By Bob Hertzel
For the Times West Virginian
Much about this West Virginia University football season gone sour is different from last season, but there is one concerning similarity that the coaching staff has got to look into.
A year ago as WVU rolled into the middle of October, the Mountaineers were flying high. They had lost just one of their first six games, and that wasn’t exactly what you would call a difficult loss to take, applied by No. 2 LSU in a game in which the offense rolled up 533 total yards, 460 of them through the air.
There was much optimism in the air last year as the leaves changed colors and the temperatures began to fall. In the first two games of October, the Mountaineers scored 98 points and gave up but 26. They had combined in those two games against Bowling Green and Connecticut to compile 1,224 yards.
Move forward to this season now. WVU had played five games, not six, but owns the same five victories, LSU having been traded for a far less daunting opponent in Maryland. Again, as autumn dawned the Mountaineers were flying higher than anyone could have imagined, having defeated Baylor and Texas in succession while putting 118 points on the scoreboard — 20 more than the previous season — while a producing a prodigious 1,180 yards in those two games.
True, this year the defense had not stopped anyone, but there really was no reason to think the same midseason swoon would strike WVU again.
It did. The Mountaineers lost consecutive decisions at Texas Tech and at home against Kansas State, and were beaten soundly in each.
In truth, you can actually go back three years to Bill Stewart’s final season and find a similar pattern, a loss to LSU among five victories, then consecutive losses to Syracuse and Connecticut.
What do you make of this?
That question was put to head coach Dana Holgorsen, who now has had that happen unexpectedly in consecutive season.
“(This year) was a little bit different,” he noted. “Whenever you put two losses like that back-to-back, it is a little different.”
He also pointed out the challenges each season were somewhat different, WVU going through its final Big East season last year and its first Big 12 season this year.
“Basically,” he said, “it will boil down to bouncing back, and that doesn’t happen overnight.”
A year ago, while never during the regular season regaining the dominance it displayed earlier in the season, the Mountaineers found a way to survive.
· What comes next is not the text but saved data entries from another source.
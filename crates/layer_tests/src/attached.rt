// `attach_map`: processes, their pages, their waiting calls and their permits.
use attach_map::{Attacher, Holder, Pending, Permit, Waiting};
use page_table::{AddressSpace, MapFault, PageTable};
use std::alloc::AllocError;
use xm_num::{Access, Apid, CallNo, Enclave, Frame, Pid, Segid, Vpn};

#[derive(Drop)]
enum Step {
    // The calls of `Attacher`, by the numbers of processes, calls and owners, each with what it answers.
    Start(u32, u32, u32),
    User(u32, Option<(u32, u32)>),
    Busy(u32, Option<u32>),
    Own(u32, u32, &'static [Frame], Result<(), MapFault>),
    Walk(u32, u32, Option<(Frame, Access)>),
    Issue(u32, Pending, u32),
    Waits(u32, Option<(u32, bool, Pending)>),
    Next(u16, u32, Option<u32>),
    Found(u32, u16),
    Settle(u32),
    // A call and the pages of its permit.
    Grant(u32, u32),
    Permit(u32, i64, Option<Permit>),
    Lowest(Holder, Option<i64>),
    Release(u32, i64),
    Exit(u32),
    // How many processes were started and calls issued.
    Drawn(u32, u32),
}

fn answers<A: AddressSpace>(attacher: &mut Attacher<A>, step: &Step) -> bool {
    match step {
        Step::Start(uid, gid, want) => starts(attacher, *uid, *gid, *want),
        Step::User(pid, want) => attacher.user(Pid(*pid)) == *want,
        Step::Busy(pid, want) => attacher.busy(Pid(*pid)) == want.map(CallNo),
        Step::Own(pid, at, frames, want) => owns(attacher, Pid(*pid), *at, frames, *want),
        Step::Walk(pid, page, want) => walks(attacher, Pid(*pid), *page, *want),
        Step::Issue(pid, what, want) => issues(attacher, Pid(*pid), *what, *want),
        Step::Waits(call, want) => waits(attacher, CallNo(*call), *want),
        Step::Next(owner, from, want) => {
            attacher.next_waiting(Enclave(*owner), CallNo(*from)) == want.map(CallNo)
        }
        Step::Found(call, owner) => founds(attacher, CallNo(*call), Enclave(*owner)),
        Step::Settle(call) => settles(attacher, CallNo(*call)),
        Step::Grant(call, pages) => grants(attacher, CallNo(*call), *pages),
        Step::Permit(pid, apid, want) => attacher.permit_of(Pid(*pid), Apid(*apid)) == *want,
        Step::Lowest(of, want) => attacher.lowest_permit(*of) == want.map(Apid),
        Step::Release(pid, apid) => releases(attacher, Pid(*pid), Apid(*apid)),
        Step::Exit(pid) => exits(attacher, Pid(*pid)),
        Step::Drawn(started, issued) => {
            attacher.started() == *started && attacher.issued() == *issued
        }
    }
}

fn starts<A: AddressSpace>(attacher: &mut Attacher<A>, uid: u32, gid: u32, want: u32) -> bool {
    attacher.started() < u32::MAX && attacher.start(uid, gid) == Ok(Pid(want))
}

fn owns<A: AddressSpace>(
    attacher: &mut Attacher<A>,
    pid: Pid,
    at: u32,
    frames: &[Frame],
    want: Result<(), MapFault>,
) -> bool {
    if at < 1 || at > 1000 || frames.len() > 1000 || attacher.user(pid).is_none() {
        return false;
    }
    attacher.own(pid, Vpn(at), frames) == want
}

fn walks<A: AddressSpace>(
    attacher: &Attacher<A>,
    pid: Pid,
    page: u32,
    want: Option<(Frame, Access)>,
) -> bool {
    match attacher.space(pid) {
        Some(space) => space.walk(Vpn(page)) == want,
        None => false,
    }
}

fn issues<A: AddressSpace>(attacher: &mut Attacher<A>, pid: Pid, what: Pending, want: u32) -> bool {
    if attacher.user(pid).is_none()
        || attacher.busy(pid).is_some()
        || attacher.issued() == u32::MAX
    {
        return false;
    }
    attacher.issue(pid, what) == Ok(CallNo(want))
}

fn waits<A: AddressSpace>(
    attacher: &Attacher<A>,
    call: CallNo,
    want: Option<(u32, bool, Pending)>,
) -> bool {
    match (attacher.waiting(call), want) {
        (Some(waiting), Some((pid, living, what))) => {
            waiting
                == Waiting {
                    call,
                    pid: Pid(pid),
                    living,
                    what,
                }
        }
        (None, None) => true,
        _ => false,
    }
}

fn founds<A: AddressSpace>(attacher: &mut Attacher<A>, call: CallNo, owner: Enclave) -> bool {
    match attacher.waiting(call) {
        Some(waiting) => match waiting.what {
            Pending::Lookup { .. } => {
                attacher.found(call, owner);
                true
            }
            _ => false,
        },
        None => false,
    }
}

fn settles<A: AddressSpace>(attacher: &mut Attacher<A>, call: CallNo) -> bool {
    match attacher.waiting(call) {
        Some(_) => {
            attacher.settle_reply(call);
            true
        }
        None => false,
    }
}

fn grants<A: AddressSpace>(attacher: &mut Attacher<A>, call: CallNo, pages: u32) -> bool {
    match attacher.waiting(call) {
        Some(
            Waiting {
                living: true,
                what: Pending::GetFrom { .. },
                ..
            },
        ) => attacher.granted(call, pages) == Ok(()),
        _ => false,
    }
}

fn releases<A: AddressSpace>(attacher: &mut Attacher<A>, pid: Pid, apid: Apid) -> bool {
    match attacher.permit_of(pid, apid) {
        Some(_) => {
            attacher.release(apid);
            true
        }
        None => false,
    }
}

fn exits<A: AddressSpace>(attacher: &mut Attacher<A>, pid: Pid) -> bool {
    if attacher.user(pid).is_none() || attacher.lowest_permit(Holder::Process(pid)).is_some() {
        return false;
    }
    attacher.exit(pid);
    true
}

// The row that answers something else than wanted, where there is one.
fn first_wrong<A: AddressSpace>(attacher: &mut Attacher<A>, steps: &[Step]) -> Option<usize> {
    for (row, step) in steps.iter().enumerate() {
        if !answers(attacher, step) {
            return Some(row);
        }
    }
    None
}

const READ: Access = Access::ReadOnly;

const LOOKUP: Pending = Pending::Lookup {
    segid: Segid(7),
    access: READ,
};

const GET_FROM_3: Pending = Pending::GetFrom {
    owner: Enclave(3),
    segid: Segid(7),
    access: READ,
};

const GET_FROM_4: Pending = Pending::GetFrom {
    owner: Enclave(4),
    segid: Segid(9),
    access: Access::ReadWrite,
};

// Processes start in order, have pages of their own, and end.
const PROCESSES: &[Step] = &[
    Step::User(1, None),
    Step::Start(10, 20, 1),
    Step::Start(11, 21, 2),
    Step::Start(10, 20, 3),
    Step::User(0, None),
    Step::User(1, Some((10, 20))),
    Step::User(2, Some((11, 21))),
    Step::User(4, None),
    Step::Own(2, 5, &[Frame(8), Frame(9)], Ok(())),
    Step::Own(2, 4, &[Frame(1), Frame(2)], Err(MapFault::Taken(Vpn(5)))),
    Step::Walk(2, 6, Some((Frame(9), Access::ReadWrite))),
    Step::Walk(2, 4, None),
    Step::Walk(1, 6, None),
    Step::Exit(2),
    Step::User(2, None),
    Step::User(3, Some((10, 20))),
    Step::Start(12, 22, 4),
    Step::User(4, Some((12, 22))),
    Step::Drawn(4, 0),
];

// Calls are issued, looked up, found and settled.
const CALLS: &[Step] = &[
    Step::Start(1, 1, 1),
    Step::Start(2, 2, 2),
    Step::Start(3, 3, 3),
    Step::Busy(1, None),
    Step::Issue(1, Pending::Make, 1),
    Step::Issue(2, LOOKUP, 2),
    Step::Issue(3, GET_FROM_4, 3),
    Step::Busy(1, Some(1)),
    Step::Busy(2, Some(2)),
    Step::Waits(2, Some((2, true, LOOKUP))),
    Step::Next(3, 0, None),
    Step::Next(4, 0, Some(3)),
    Step::Next(4, 3, Some(3)),
    Step::Next(4, 4, None),
    Step::Found(2, 3),
    Step::Waits(2, Some((2, true, GET_FROM_3))),
    Step::Next(3, 0, Some(2)),
    Step::Settle(1),
    Step::Busy(1, None),
    Step::Waits(1, None),
    Step::Issue(1, GET_FROM_3, 4),
    Step::Next(3, 0, Some(2)),
    Step::Next(3, 3, Some(4)),
    Step::Settle(2),
    Step::Next(3, 0, Some(4)),
    Step::Drawn(3, 4),
];

// A call waits on once its process has ended.
const ORPHANS: &[Step] = &[
    Step::Start(1, 1, 1),
    Step::Start(2, 2, 2),
    Step::Issue(2, GET_FROM_3, 1),
    Step::Issue(1, LOOKUP, 2),
    Step::Exit(2),
    Step::Busy(2, None),
    Step::Waits(1, Some((2, false, GET_FROM_3))),
    Step::Waits(2, Some((1, true, LOOKUP))),
    Step::Next(3, 1, Some(1)),
    Step::Settle(1),
    Step::Waits(1, None),
    Step::Busy(1, Some(2)),
    Step::Exit(1),
    Step::Waits(2, Some((1, false, LOOKUP))),
    Step::Found(2, 3),
    Step::Next(3, 0, Some(2)),
    Step::Drawn(2, 2),
];

const FROM_3: Permit = Permit {
    owner: Enclave(3),
    segid: Segid(7),
    access: READ,
    pages: 5,
};

const FROM_4: Permit = Permit {
    owner: Enclave(4),
    segid: Segid(9),
    access: Access::ReadWrite,
    pages: 6,
};

// Permits come under the numbers of their calls, in any order, are found, and are dropped.
const PERMITS: &[Step] = &[
    Step::Start(1, 1, 1),
    Step::Start(2, 2, 2),
    Step::Issue(1, GET_FROM_4, 1),
    Step::Issue(2, GET_FROM_3, 2),
    Step::Grant(2, 5),
    Step::Waits(2, None),
    Step::Busy(2, None),
    Step::Permit(2, 2, Some(FROM_3)),
    Step::Permit(1, 2, None),
    Step::Permit(1, 1, None),
    Step::Grant(1, 6),
    Step::Issue(1, GET_FROM_3, 3),
    Step::Grant(3, 5),
    Step::Permit(1, 1, Some(FROM_4)),
    Step::Permit(1, -1, None),
    Step::Permit(1, 4_294_967_297, None),
    Step::Lowest(Holder::Process(Pid(1)), Some(1)),
    Step::Lowest(Holder::Owner(Enclave(3)), Some(2)),
    Step::Lowest(Holder::Permit(Apid(3)), Some(3)),
    Step::Lowest(Holder::Permit(Apid(4)), None),
    Step::Release(1, 1),
    Step::Permit(1, 1, None),
    Step::Lowest(Holder::Process(Pid(1)), Some(3)),
    Step::Lowest(Holder::Owner(Enclave(4)), None),
    Step::Release(2, 2),
    Step::Exit(2),
    Step::Lowest(Holder::Owner(Enclave(3)), Some(3)),
    Step::Release(1, 3),
    Step::Exit(1),
    Step::Drawn(2, 3),
];

#[test]
fn processes_calls_and_permits(rt: HostRuntime) -> Result<(), AllocError> {
    let tables = [
        ("processes", PROCESSES),
        ("calls", CALLS),
        ("orphans", ORPHANS),
        ("permits", PERMITS),
    ];
    for (name, steps) in tables {
        let mut attacher = Attacher::<PageTable>::new(rt.alloc())?;
        let row = first_wrong(&mut attacher, steps);
        attacher.close();
        assert_eq!(rt; row, None, "{name}");
    }
    Ok(())
}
The season seemed to be slipping away from them and the Big East championship with it.
They needed to win three straight over Cincinnati, Pittsburgh and South Florida and did so, but by just a combined seven points.
That wasn’t exactly Murderer’s Row, and Holgorsen knows it.
“This year is different because of who we are playing,” he said. “We just played the No. 3 team in the country (Kansas State). They are a pretty good team. It is going to take a whole year of going through the Big 12 for everyone to understand the Big 12.”
The situation that now presents itself to WVU is much like last year. Instead of three games left, there are five, and they are not against Big East-like opponents, beginning on Saturday with TCU, then followed by Oklahoma State, Oklahoma, Iowa State and finally lowly Kansas.
Like he did a year ago and Stewart did the previous season, Holgorsen has to find a lot of answers, especially since the offense has fallen so far to match the futility of the defense.
“We have to make things more manageable,” Holgorsen said. “We can’t try to manufacture plays or people. We can’t come up with tricks, because that is not the solution.”
In truth, when things go bad, a team has to go back to basics, to simplify and narrow the scope of what you do so that you do only what you do best.
“We have been talking about what we are good at on all three sides of the ball, and how we get back to doing those things,” he said.
“We have narrowed down some things. We are going to focus on trying to get better at things that we are already good at. We will build some confidence because of that. We will rebuild and re-energize, as we prepare for our next game,” he said.
The off-week was spent regrouping, recruiting and rebuilding. This week will be spent on preparing for TCU, to putting in the things that they believe will turn them around and get them back on track, something the Mountaineers have been pretty good at doing over the past few years.